──────── Information provided

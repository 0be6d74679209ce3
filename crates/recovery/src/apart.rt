//! An image recovered apart from the store that holds it.
ghost use Rattle.std.specs.Prelude.{◌≡◌, length, if◌then◌else◌, nat_eq};
ghost use Rattle.image.specs.Shown.{shown};
ghost use Rattle.recovery.specs.Results.{outcome_of};

use filesystem::{Fault, FileSystem};
use image::{ImageStore, Overlay};
use patch::copy_image;
use tree::Tree;

// A fault leaves no tree here: `recover` is handed one by a rule, and this call makes it for that. `below` and `kept`
// relate a store before to the one after, which no type does.
/// Recovers the image that the overlay shows, and copies the image afterwards to `out`, if that
/// has as many sectors. The overlay shows the image afterwards, and the store below it is as it was.
pub fn recover_apart<F: FileSystem, A: ImageStore, B: ImageStore>(
    system: &F,
    over: &mut Overlay<A>,
    out: &mut B,
) -> Result<Tree, Fault>
    ensures told { outcome_of result ≡ F.FileSystem.outcome system.now (shown A.ImageStore.sectors over.old) }
    ensures out { B.ImageStore.sectors out.new ≡ (if nat_eq (length (shown A.ImageStore.sectors over.old)) (length (B.ImageStore.sectors out.old)) then F.FileSystem.after system.now (shown A.ImageStore.sectors over.old) else B.ImageStore.sectors out.old) }
    ensures over { shown A.ImageStore.sectors over.new ≡ F.FileSystem.after system.now (shown A.ImageStore.sectors over.old) }
    ensures below { over.new.below ≡ over.old.below }
    ensures kept { B.ImageStore.keeps out.old out.new }
{
    let mut tree = Tree::bare();
    let answer = system.recover(over, &mut tree);
    // A store of another size is left as it is, and the answer is that of the recovery all the same.
    let _ = copy_image(over, out);
    answer?;
    Ok(tree)
}
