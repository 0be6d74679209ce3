//! An image recovered apart from the store that holds it, and the lines that say what came of it.
#![tactic(auto)]

mod apart;
mod lines;

pub use apart::recover_apart;
pub use lines::outcome_lines;
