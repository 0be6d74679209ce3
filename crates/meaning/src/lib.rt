//! What load makes of a recording's bytes over a base and a file system: a refusal, or the recording's meaning.
#![tactic(auto)]

ghost use Rattle.meaning.specs.Subjects.{MeaningIsTheRules, SomeRecordingIsSafe};

/// What load takes means what the rules of crash states and of marks say.
pub fn meaning_is_the_rules()
    ensures { MeaningIsTheRules }
{}

/// And some recording's every state is judged, and reported safe.
#[tactic(auto, using(crate::proofs::Safe::safe_recording))]
pub fn some_recording_is_safe()
    ensures { SomeRecordingIsSafe }
{}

────────────────

Exercise aim: Please copy every line in the entries where "answer" appears.

Response to the exercise:
    let answer = system.recover(over, &mut tree);
    // A store of another size is left as it is, and the answer is that of the recovery all the same.
    answer?;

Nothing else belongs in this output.